Section 7602 is intended to allow the IRS access to all relevant or material records and data in the taxpayer’s possession. It places no limit or condition on the type or form of the medium by which the record subject to summons is kept and nothing in the language or background of the section suggests that such a limitation was intended. The purpose was to enable the IRS to get at the taxpayer’s records, in whatever form- they might be kept. The standard is not the form of the record but whether it might shed light on the accuracy of the taxpayer’s returns. See Foster v. United States, 265 F.2d 183, 186-87 (2d Cir.), cert. denied, 360 U.S. 912, 79 S.Ct. 1297, 3 L.Ed.2d 1261 (1959). In this era of developing information-storage technology there is no conceivable reason to adopt a construction that would immunize companies with computer-based record-keeping systems from IRS scrutiny. Such would not be in keeping with Congress’ intention in enacting the section.

Continental’s reliance upon United States v. Russo, 480 F.2d 1228 (6th Cir. 1973), cert. denied, 414 U.S. 1157, 94 S.Ct. 915, 39 L.Ed.2d 109 (1974), and United States v. DeGeorgia, 420 F.2d 889 (9th Cir. 1969), is misplaced. Those cases hold merely that computer print-outs qualify as records under the Federal Business Records Act, 28 U.S.C. § 1732(a), which creates a business records exception to the hearsay rule. They are therefore irrelevant. Similarly, the fact that Rule 34 of the Federal Rules of Civil Procedure was amended in 1970 to list “data compilations,” a term that has been interpreted to include tapes, see Adams v. Dan River Mills, Inc., 54 F.R.D. 220, 222 (W.D.Va.1972), among discoverable “documents,” offers no support for taxpayer’s contention. The Advisory Committee Note to that amendment indicates that the amendment was merely intended to clarify the scope of the rule, not to change it. We have found no authority prior to the amendment holding that computer tapes were not discoverable under the rule.

We therefore hold that the language of § 7602 is sufficiently broad to encompass records or data stored in the form of computer tapes.

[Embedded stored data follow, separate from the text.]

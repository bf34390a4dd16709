//! The tables.

use crate::calls::Call;
use crate::kinds::{Kind, kinds};
use crate::rows::{Guard, Index, Row, Try, tried};
use row_tables::{Fault, Report};
use std::alloc::{AllocError, Global};

// A row without a guard and without an index of the input.
fn plain(call: Call, kind: Kind, count: u32, most: usize) -> Row {
    Row {
        call,
        kind,
        count,
        guard: Guard::Given(false),
        index: Index::Given(0),
        most,
    }
}

// A row by an index.
fn indexed(call: Call, kind: Kind, count: u32, index: Index, most: usize) -> Row {
    Row {
        call,
        kind,
        count,
        guard: Guard::Given(false),
        index,
        most,
    }
}

// ---- one of two shapes

// The scalars of both shapes, and then the truth value between them.
const CHOICES: &[Try] = &[
    [5, -7, 0],
    [5, -7, 1],
    [0, 9, 0],
    [0, 9, 1],
    [31, 0, 0],
    [31, 0, 1],
    [0, 0, 0],
    [0, 0, 1],
];

// The table. Proofs see no row of it, nor of those below.
fn choices() -> &'static [Try] {
    CHOICES
}

// How many nodes a choice between elements of different scalars adds: a multiplexer for each scalar part, and for references
// one for each slot that either of them names.
fn of_choice(kind: Kind) -> usize {
    match kind {
        Kind::Bit | Kind::Int => 1,
        Kind::Reference | Kind::Array => 2,
        Kind::Either | Kind::Nested => 3,
    }
}

// A choice between so many shapes: two, or one and itself.
fn choice(
    alloc: Global,
    kind: Kind,
    count: u32,
    guard: Guard,
    most: usize,
    tries: &[Try],
) -> Result<(), Fault> {
    let row = Row {
        call: Call::Choose,
        kind,
        count,
        guard,
        index: Index::Given(0),
        most,
    };
    tried(alloc, 6, row, tries)
}

// By a truth value of the input, and by one that is given, where no node is added. Between equal shapes none is added.
fn tell_choices(alloc: Global, report: &mut Report) -> Result<(), AllocError> {
    for kind in kinds() {
        let most = of_choice(*kind);
        report.row(choice(alloc, *kind, 2, Guard::Input(2), most, choices()))?;
    }
    report.end("choices by the input")?;
    for kind in kinds() {
        report.row(choice(alloc, *kind, 2, Guard::Given(true), 0, &[[5, -7, 1]]))?;
        report.row(choice(alloc, *kind, 2, Guard::Given(false), 0, &[[5, -7, 0]]))?;
    }
    report.end("choices that are given")?;
    for kind in kinds() {
        report.row(choice(alloc, *kind, 1, Guard::Input(2), 0, choices()))?;
    }
    report.end("choices of one")
}

// ---- whether two shapes are equal

// The scalars of both shapes.
const PAIRS: &[Try] = &[
    [0, 0, 0],
    [0, 5, 0],
    [5, 0, 0],
    [5, 5, 0],
    [5, -7, 0],
    [-7, -7, 0],
    [-32, 31, 0],
];

// The slots that both name: the same one, two, and one that is the other slot of each reference of two targets.
const SLOTS: &[(u32, u32)] = &[(3, 3), (3, 4), (3, 8), (8, 3)];

fn pairs() -> &'static [Try] {
    PAIRS
}

fn slots() -> &'static [(u32, u32)] {
    SLOTS
}

// How many nodes a comparison of elements of different scalars adds at most.
fn of_comparison(kind: Kind) -> usize {
    match kind {
        Kind::Int => 1,
        Kind::Bit => 2,
        Kind::Reference | Kind::Array => 4,
        Kind::Nested => 6,
        Kind::Either => 8,
    }
}

// A shape is equal to itself; of one without references no node is added.
fn of_itself(kind: Kind) -> usize {
    match kind {
        Kind::Bit | Kind::Int | Kind::Array => 0,
        _ => usize::MAX,
    }
}

fn tell_comparisons(alloc: Global, report: &mut Report) -> Result<(), AllocError> {
    for kind in kinds() {
        for (a, b) in slots() {
            let row = plain(Call::Same(*a, *b), *kind, 2, of_comparison(*kind));
            report.row(tried(alloc, 6, row, pairs()))?;
        }
    }
    report.end("comparisons")?;
    for kind in kinds() {
        let row = plain(Call::Same(3, 3), *kind, 1, of_itself(*kind));
        report.row(tried(alloc, 6, row, &[[0, 0, 0], [5, 5, 0]]))?;
    }
    report.end("comparisons with itself")
}

// ---- reads

// Indexes inside and outside of lists of up to four, and the least and the greatest word of 6 bits.
const INDEXES: &[Try] = &[
    [-32, 0, 0],
    [-2, 0, 0],
    [-1, 0, 0],
    [0, 0, 0],
    [1, 0, 0],
    [2, 0, 0],
    [3, 0, 0],
    [4, 0, 0],
    [5, 0, 0],
    [31, 0, 0],
];

// All words of 2 bits.
const NARROW: &[Try] = &[[-2, 0, 0], [-1, 0, 0], [0, 0, 0], [1, 0, 0]];

const NARROW_KINDS: &[Kind] = &[Kind::Bit, Kind::Reference, Kind::Either];

fn indexes() -> &'static [Try] {
    INDEXES
}

fn narrow() -> &'static [Try] {
    NARROW
}

fn narrow_kinds() -> &'static [Kind] {
    NARROW_KINDS
}

// How many nodes a read adds at most: some comparisons and multiplexers for each element, and for each scalar in it.
fn of_read(kind: Kind, count: u32) -> usize {
    let count = count as usize;
    let times = match kind {
        Kind::Bit | Kind::Int => 3,
        Kind::Array => 4,
        Kind::Reference | Kind::Either | Kind::Nested => count.wrapping_add(4),
    };
    count.wrapping_mul(times).wrapping_add(6)
}

// By an index of the input.
fn tell_reads(
    alloc: Global,
    report: &mut Report,
    bits: u32,
    kinds: &[Kind],
    tries: &[Try],
) -> Result<(), AllocError> {
    for kind in kinds {
        for count in 1..5 {
            let most = of_read(*kind, count);
            let row = indexed(Call::Read, *kind, count, Index::Input(7), most);
            report.row(tried(alloc, bits, row, tries))?;
        }
    }
    Ok(())
}

// By an index that is given: no node is added.
fn read_given(alloc: Global, kind: Kind, count: u32, it: &Try) -> Result<(), Fault> {
    let row = indexed(Call::Read, kind, count, Index::Given(it[0]), 0);
    tried(alloc, 6, row, &[*it])
}

fn tell_reads_given(alloc: Global, report: &mut Report) -> Result<(), AllocError> {
    for kind in kinds() {
        for it in indexes() {
            report.row(read_given(alloc, *kind, 1, it))?;
            report.row(read_given(alloc, *kind, 4, it))?;
        }
    }
    report.end("reads by given indexes")
}

// Lists may be longer than the words of an index are many. In a long list the index is the scalar behind its elements.
fn tell_all_reads(alloc: Global, report: &mut Report) -> Result<(), AllocError> {
    tell_reads(alloc, report, 6, kinds(), indexes())?;
    report.end("reads by the input")?;
    tell_reads(alloc, report, 2, narrow_kinds(), narrow())?;
    report.end("reads by narrow words")?;
    tell_reads_given(alloc, report)?;
    let most = of_read(Kind::Int, 20);
    let row = indexed(Call::Read, Kind::Int, 20, Index::Input(20), most);
    report.row(tried(alloc, 6, row, &[]))?;
    report.end("reads of many")
}

// ---- writes

const GUARDS: &[Guard] = &[Guard::Given(true), Guard::Given(false), Guard::Input(6)];

// Indexes inside and outside of a list of three, and the least and the greatest word of 6 bits, each with both values of
// the scalar of a guard.
const WRITES: &[Try] = &[
    [-32, 0, 0],
    [-32, 1, 0],
    [-2, 0, 0],
    [-2, 1, 0],
    [-1, 0, 0],
    [-1, 1, 0],
    [0, 0, 0],
    [0, 1, 0],
    [1, 0, 0],
    [1, 1, 0],
    [2, 0, 0],
    [2, 1, 0],
    [3, 0, 0],
    [3, 1, 0],
    [4, 0, 0],
    [4, 1, 0],
    [31, 0, 0],
    [31, 1, 0],
];

const WRITTEN: &[i64] = &[-32, -2, -1, 0, 1, 2, 3, 4, 31];

fn guards() -> &'static [Guard] {
    GUARDS
}

fn writes() -> &'static [Try] {
    WRITES
}

fn places() -> &'static [i64] {
    WRITTEN
}

// How many nodes a write by an index of the input adds at most: five for whether it is outside; for each element its
// place and a comparison, and, unless the guard is false, a choice; and where the guard is not given, whether both hold.
fn of_write(kind: Kind, guard: Guard) -> usize {
    let choices = of_choice(kind).wrapping_mul(3);
    match guard {
        Guard::Given(false) => 11,
        Guard::Given(true) => choices.wrapping_add(11),
        Guard::Input(_) => choices.wrapping_add(14),
    }
}

// How many nodes a write at an index that is given adds: none where the guard is given too, and where the index is
// outside; else a choice.
fn of_write_given(kind: Kind, guard: Guard, at: i64) -> usize {
    match guard {
        Guard::Input(_) if at >= 0 && at < 3 => of_choice(kind),
        _ => 0,
    }
}

fn write_at(
    alloc: Global,
    kind: Kind,
    guard: Guard,
    index: Index,
    most: usize,
    tries: &[Try],
) -> Result<(), Fault> {
    let row = Row {
        call: Call::Write,
        kind,
        count: 3,
        guard,
        index,
        most,
    };
    tried(alloc, 6, row, tries)
}

fn tell_writes_given(alloc: Global, report: &mut Report) -> Result<(), AllocError> {
    for kind in kinds() {
        for guard in guards() {
            for at in places() {
                let most = of_write_given(*kind, *guard, *at);
                let (index, tries) = (Index::Given(*at), [[*at, 0, 0], [*at, 1, 0]]);
                report.row(write_at(alloc, *kind, *guard, index, most, &tries))?;
            }
        }
    }
    report.end("writes by given indexes")
}

fn tell_writes(alloc: Global, report: &mut Report) -> Result<(), AllocError> {
    for kind in kinds() {
        for guard in guards() {
            let most = of_write(*kind, *guard);
            report.row(write_at(alloc, *kind, *guard, Index::Input(7), most, writes()))?;
        }
    }
    report.end("writes by the input")?;
    tell_writes_given(alloc, report)
}

// ---- parts of lists, and lists made longer

// By an index of the input a part of bits or integers adds some comparisons for each place where it may begin, which its
// elements share, and for each element a multiplexer for each but one of these places.
fn of_part(kind: Kind) -> usize {
    match kind {
        Kind::Bit | Kind::Int => 18,
        _ => usize::MAX,
    }
}

// By an index that is given no node is added.
fn tell_parts_given(alloc: Global, report: &mut Report, kind: Kind) -> Result<(), AllocError> {
    for count in 1..5 {
        for it in indexes() {
            let row = indexed(Call::Slice(count), kind, 4, Index::Given(it[0]), 0);
            report.row(tried(alloc, 6, row, &[*it]))?;
        }
    }
    Ok(())
}

fn tell_parts(alloc: Global, report: &mut Report) -> Result<(), AllocError> {
    for kind in kinds() {
        for count in 1..5 {
            let row = indexed(
                Call::Slice(count),
                *kind,
                4,
                Index::Input(7),
                of_part(*kind),
            );
            report.row(tried(alloc, 6, row, indexes()))?;
        }
    }
    report.end("parts by the input")?;
    for kind in kinds() {
        tell_parts_given(alloc, report, *kind)?;
    }
    report.end("parts by given indexes")
}

// No node is added.
fn tell_made_longer(alloc: Global, report: &mut Report) -> Result<(), AllocError> {
    for kind in kinds() {
        for long in 0..4 {
            for count in long..6 {
                let row = plain(Call::Pad(count), *kind, long, 0);
                report.row(tried(alloc, 6, row, &[[0, 0, 0]]))?;
            }
        }
    }
    report.end("lists made longer")
}

// ---- sums of numbers of bits, bit 0 first

// A number of bits, and two numbers and the sum of their bits.
const SUMS: &[(u32, Try)] = &[
    (0, [0, 0, 0]),
    (1, [0, 1, 1]),
    (1, [1, 1, 0]),
    (2, [3, 1, 0]),
    (2, [2, 3, 1]),
    (5, [21, 10, 31]),
    (5, [31, 31, 30]),
    (8, [255, 1, 0]),
    (8, [1, 255, 0]),
    (8, [200, 100, 44]),
    (8, [170, 85, 255]),
    (8, [127, 1, 128]),
];

fn sums() -> &'static [(u32, Try)] {
    SUMS
}

// At most five nodes are added for each bit of the input.
fn sum(alloc: Global, count: u32, tries: &[Try]) -> Result<(), Fault> {
    let most = 5usize.wrapping_mul(count as usize);
    let row = plain(Call::Sum(None, None), Kind::Bit, count, most);
    tried(alloc, 6, row, tries)
}

// The sums of a number of three bits and each.
fn sums_with(alloc: Global, x: i64) -> Result<(), Fault> {
    let mut tries = [[x, 0, x]; 8];
    for y in 0..8 {
        tries[y] = [x, y as i64, x.wrapping_add(y as i64)];
    }
    sum(alloc, 3, &tries)
}

// Of bits that are given, and of a number and 0, no node is added.
fn sum_given(
    alloc: Global,
    first: Option<i64>,
    second: Option<i64>,
    count: u32,
    tries: &[Try],
) -> Result<(), Fault> {
    let row = plain(Call::Sum(first, second), Kind::Bit, count, 0);
    tried(alloc, 6, row, tries)
}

The taxpayer next argues that the tapes requested here are not “relevant or material” to the IRS audit of its tax returns. The 37 reels of tape in question contain general expense information for 1972 and loss payment and expense information for 1971 and 1972. The subject matter of the tapes would therefore appear to be central to any audit of taxpayer’s returns for 1971 and 1972 and certainly “relevant” and “material.” The taxpayer nevertheless contends that it does not have [1000]*1000a computerized accounting system, that the computer tapes merely constitute “intermediate processing tools” used to assist it in the preparation of its financial records, that the IRS is requesting the tapes for convenience in processing, not for their informational content, which has been made available to the IRS in the form of print-out sheets, and that § 7602 cannot be used to compel a taxpayer to make the Service’s auditing tasks easier, such as by preparing or creating documents not in existence or summarizing information already made available. We agree that § 7602 does not require preparation or production of records not yet in existence, see. United States v. Brown, 536 F.2d 117 (6th Cir. 1976).